Home again, home again
We got home last night on the 8:30 ferry, after a very long weekend away in Oregon. We spent a wonderful few days with family that we love, doing things that were fun, and yet, when we pulled through the ticket booth in Horseshoe Bay, I felt an involuntary sigh of relief flood through me. Home. Twenty minutes on the ferry, a few minutes of waiting at the dock, two minutes of driving, and life can continue as normal.
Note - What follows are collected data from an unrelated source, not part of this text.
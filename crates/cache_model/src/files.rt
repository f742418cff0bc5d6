// The files of a directory, and places in them.

/// What a file is for.
#[derive(Clone, Copy, Debug, PartialEq, Eq)]
pub enum FileKind {
    /// The settings, `cache.toml`.
    Rules,
    /// A data file, `s<store>-<id>.log`.
    Log,
    /// The index, `s<store>.tree`.
    Tree,
    /// A base or an export, `base<store>.dat`.
    Base,
}

/// A file of the directory. The id is 1 to 4,294,967,294 for a Log and 0 for every other kind; the store is 0 for
/// Rules, 0 or 1 for a Base, and any for the others.
#[derive(Clone, Copy, Debug, PartialEq, Eq)]
pub struct FileName {
    pub kind: FileKind,
    pub store: u8,
    pub id: u32,
}

/// Where a record stands: its data file, its offset there and its length, in bytes.
#[derive(Clone, Copy, Debug, PartialEq, Eq)]
pub struct Place {
    pub file: u32,
    pub at: u32,
    pub length: u32,
}

/// The figures of one data file.
#[derive(Clone, Copy, Debug, PartialEq, Eq)]
pub struct FileCount {
    pub number: u32,
    /// Its length, in bytes.
    pub size: u64,
    /// How many of them belong to records that are the newest of their keys.
    pub live: u64,
}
Now, normal is a relative thing. We have friends visiting us from California, and I think that they don't find much "normal" about our life at all. A first visit to Bowen is often surreal - it's 8:15 p.m., and someone wants a latte, but, oh well, not on Bowen. Or the desire to buy ice cream at the grocery store off island - well intentioned, but it would just be cream by the time we got home. We live in near the Cove, so I try to walk as much as possible and drive as little as necessary. Up and down the hills, nothing like the flat lands of southern California.Of course, to me, all these are the reasons I love Bowen.
When in the States, Chris and I tend to go on shopping binges, because it is simply so EASY to jump in the car and hit any number of cheap and easy stores. But by the end of two days of this kind of "let's just go and see what we find" kind of instant gratification, I always feel emotionally bloated, and ready for a break. On Bowen, we spend almost nothing, we buy little, and we make do. So, we can't get a latte at night, we can't run to the Superstore when the fancy strikes, going to a movie on a whim is a thing of the past. So what? We get to go for walks and pick berries until our hands are stained and our tummies are full. Everywhere we walk or drive, we run into people we know and love. Probably, this isn't normal by anyone's standards. But I find it pretty fabulous, nonetheless.